Jennifer Burchett has traveled a winding lap that began in Indiana for a public relations degree, stopped in Connecticut for a job with ESPN, stretched around the world for mission work, and returned to Indiana for another degree and second career in emergency nursing. 

After living in Connecticut working in sports broadcast productions, Burchett worked for a mission organization that supported schools or medical initiatives in different parts of the U.S., Africa and Central America. 

“I had been developing a heart for social justice and serving others,” Burchett said. Her mission work, seeing her father deal with his own health issues and talking with friends and family members who were nurses helped her decide to switch careers.

“Everything I had done led me to right where I needed to be,” Burchett said.

After earning her nursing degree from Purdue University in 2012, she worked in a medical-surgical unit for four years before moving to the emergency department at Indiana University Health Methodist Hospital in Indianapolis.

“Those four years were wonderful and really formative for me to learn how to talk to patients and how to do a good assessment,” she said. 

In 2017, Burchett joined the IndyCar Medical Team, and she splits her nursing time between the hospital and the Indianapolis Motor Speedway’s medical center or in a 52-foot semi-trailer mobile ER that travels with the racing teams.
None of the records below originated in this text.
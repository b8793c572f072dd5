//! The outcomes that are kept.

ghost use Rattle.std.specs.Prelude.{◌≡◌, ◌+◌, ◌<◌, ◌≤◌, [], ◌∷◌, ◌++◌, length, None, OnOk};
ghost use Rattle.commit_queue.specs.KeptOutcomes.{outcome_of, place_in, noted_place, kept_for, KeepsAt, KeepsFor, AllNew};

use graph_model::{NoMemory, Outcome};
use group_commit::Group;
use std::alloc::Global;
use std::collections::VecDeque;
use std::marker::Model;

/// The outcomes that are kept, each for the number of a transaction, and room for some more.
///
/// Transactions have numbers that are drawn one after another, and those that run are asked for. So where an outcome stands
/// is noted by number, for the numbers that are expected: from some number on, which rises, up to the last one.
#[derive(Drop)]
pub struct Outcomes {
    // In the order in which they were kept.
    kept: Vec<(u64, Outcome)>,
    // For no number above this one an outcome is kept.
    most: u64,
    // The first number that is expected.
    first: u64,
    // For each number from there on one more than the place of its outcome, or 0 where none is kept.
    places: VecDeque<usize>,
}

impl Model for Outcomes {
    ghost use Rattle.commit_queue.specs.KeptOutcomes.{KeptOutcomes};
    ghost use Rattle.commit_queue.specs.ShownOutcomes.{kept_outcomes, ArePlaced};

    ghost Value = { KeptOutcomes };

    ghost view = { kept_outcomes };

    ghost invariant = { ArePlaced };
}

impl Outcomes {
    /// Nothing is kept. It takes no memory.
    pub fn new(alloc: Global) -> Outcomes
        ensures { result.kept ≡ [] }
    {
        Outcomes {
            kept: Vec::new(alloc),
            most: 0,
            first: 0,
            places: VecDeque::new(alloc),
        }
    }

    /// Makes room for this many outcomes more. After NoMemory the same outcomes are kept. Time: where there is no
    /// room, one step for each outcome that is kept.
    pub fn reserve(&mut self, more: usize) -> Result<(), NoMemory>
        ensures kept { self.new.kept ≡ self.old.kept }
        ensures room { OnOk result (more ≤ self.new.room) }
        ensures keeps { self.old.room ≤ self.new.room }
    {
        self.kept.reserve(more)?;
        Ok(())
    }

    /// Expects an outcome for a number, so that it is found in one step, where this is the first number that is expected, or
    /// the one after the last; numbers below `oldest` are expected no more. After NoMemory the number is not expected.
    ///
    /// Time: amortized constant for a number that is above those for which an outcome is kept. Memory: that of a place for
    /// each number from `oldest` on, while numbers are expected one after another.
    pub fn expect(&mut self, tid: u64, oldest: u64) -> Result<(), NoMemory>
        ensures { self.new ≡ self.old }
    {
        // Two for one that comes, so that there are fewer again once there were many.
        self.forget_one(oldest);
        self.forget_one(oldest);
        if self.places.is_empty() {
            self.first = tid;
        }
        if tid < self.first || tid - self.first != self.places.len() as u64 {
            return Ok(());
        }
        let noted = self.noted(tid);
        self.places.push_back(noted)?;
        Ok(())
    }

    // Expects the first number no more, where it is below this one.
    fn forget_one(&mut self, oldest: u64)
        ensures { self.new ≡ self.old }
    {
        if self.first < oldest && self.places.pop_front().is_some() {
            self.first += 1;
        }
    }

    // Where the outcome for a number stands, as it is noted. Time: that of `search`.
    fn noted(&self, tid: u64) -> usize
        ensures place { noted_place (length self.now.kept) result ≡ place_in tid self.now.kept }
        ensures within { result ≤ length self.now.kept }
    {
        let place = self.search(tid);
        if place < self.kept.len() {
            place + 1
        } else {
            0
        }
    }

    /// Keeps one outcome for the number of each member of a group, behind those that are kept where they are new.
    /// It takes no memory. Time: one step for each member whose number was expected.
    pub fn keep(&mut self, g: &Group, o: Outcome)
        requires { length g.now ≤ self.old.room }
        ensures kept { KeepsFor g.now o self.old.kept self.new.kept }
        ensures appended { AllNew g.now self.old.kept → self.new.kept ≡ self.old.kept ++ kept_for o g.now }
        ensures room { self.old.room ≤ self.new.room + length g.now }
    {
        for i in 0..g.len() {
            let Some(member) = g.get(i) else {
                return;
            };
            self.keep_one(member.record().tid, o);
        }
    }

    // Keeps an outcome for one number.
    fn keep_one(&mut self, tid: u64, o: Outcome)
        requires { 0 < self.old.room }
        ensures kept { KeepsAt tid o self.old.kept self.new.kept }
        ensures appended { outcome_of tid self.old.kept ≡ None → self.new.kept ≡ self.old.kept ++ (tid, o) ∷ [] }
        ensures room { self.old.room ≤ self.new.room + 1 }
    {
        let i = self.place(tid);
        if i < self.kept.len() {
            self.kept[i] = (tid, o);
        } else {
            self.append(tid, o);
        }
    }

    // Keeps the first outcome for a number.
    fn append(&mut self, tid: u64, o: Outcome)
        requires new { place_in tid self.old.kept ≡ length self.old.kept }
        requires room { 0 < self.old.room }
        ensures kept { self.new.kept ≡ self.old.kept ++ (tid, o) ∷ [] }
        ensures room { self.old.room ≤ self.new.room + 1 }
    {
        self.kept.push_reserved((tid, o));
        self.most = self.most.max(tid);
        if tid >= self.first && tid - self.first < self.places.len() as u64 {
            self.places[(tid - self.first) as usize] = self.kept.len();
        }
    }

    // Where the outcome for a number stands; the number of outcomes where none is kept for it. Time: constant for a number
    // that was expected, or that is above those for which an outcome is kept; else one step for each outcome.
    fn place(&self, tid: u64) -> usize
        ensures { result ≡ place_in tid self.now.kept }
    {
        if tid < self.first || tid - self.first >= self.places.len() as u64 {
            return self.search(tid);
        }
        match self.places[(tid - self.first) as usize] {
            0 => self.kept.len(),
            noted => noted - 1,
        }
    }

    // The same, where it is not noted.
    fn search(&self, tid: u64) -> usize
        ensures { result ≡ place_in tid self.now.kept }
    {
        if tid > self.most {
            return self.kept.len();
        }
        let mut i = 0;
        while i < self.kept.len() && self.kept[i].0 != tid {
            i += 1;
        }
        i
    }

    /// The outcome that is kept for a number; none where nothing was kept for it. Time: constant for a number that was
    /// expected, or that is above those for which an outcome is kept; else one step for each outcome.
    pub fn of(&self, tid: u64) -> Option<Outcome>
        ensures { result ≡ outcome_of tid self.now.kept }
    {
        let i = self.place(tid);
        if i < self.kept.len() {
            Some(self.kept[i].1)
        } else {
            None
        }
    }
}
Even though she is in emergency nurse mode for her IndyCar Medical Team shifts, working at the speedway when it’s filled with cheering spectators has a special positive energy. 

“It’s just such a joy and it’s so fun and exciting to be here,” Burchett said. “It’s really life-giving.”

Burchett has been a voice in her community as someone who has had a stretcherside view of the COVID-19 pandemic and the rise in gun violence in her city. 

“As nurses, we get to bear witness to a lot of the effects that gun violence has, not just on victims, but on their families and their communities, and we can speak a lot of truth to those things,” Burchett said. She leads the hospital’s active shooter drills and raises awareness about prevention and the existing laws that can be enforced. 

During the pandemic, she not only cared for patients who were sick, but she also promoted the importance of vaccines and helped with a mass vaccination event at the speedway.

“Getting people vaccinated and talking about safe vaccination and the science that goes behind any vaccine before it’s rolled out was huge in that kind of campaign,” she said.

Burchett also advocates through ENA, her local Indy Roadrunners ENA chapter and the Indiana State Nurses Association for legislation addressing workplace violence.

Back in her home state for more than a decade now, Burchett continues to work part time at ESPN for Indiana Pacers games.

“It’s fun. It lets me use the other part of my brain that I’m not using on nursing,” she said.

She also volunteers for occasional mission trips, now experiencing them from a nurse’s perspective. She recalled touring a hospital in Uganda where the staff was extremely proud of the care their patients received in a setting that’s much different than her urban trauma center. Linens were dried in the sun; surgical suites were open-air; and nurses calculated drips by hand.

“They were getting phenomenal outcomes for their patients, and really low infection rates,” she said. “Now every time I hear a pump beep, although I kind of swear at it, I’m also very thankful for it.”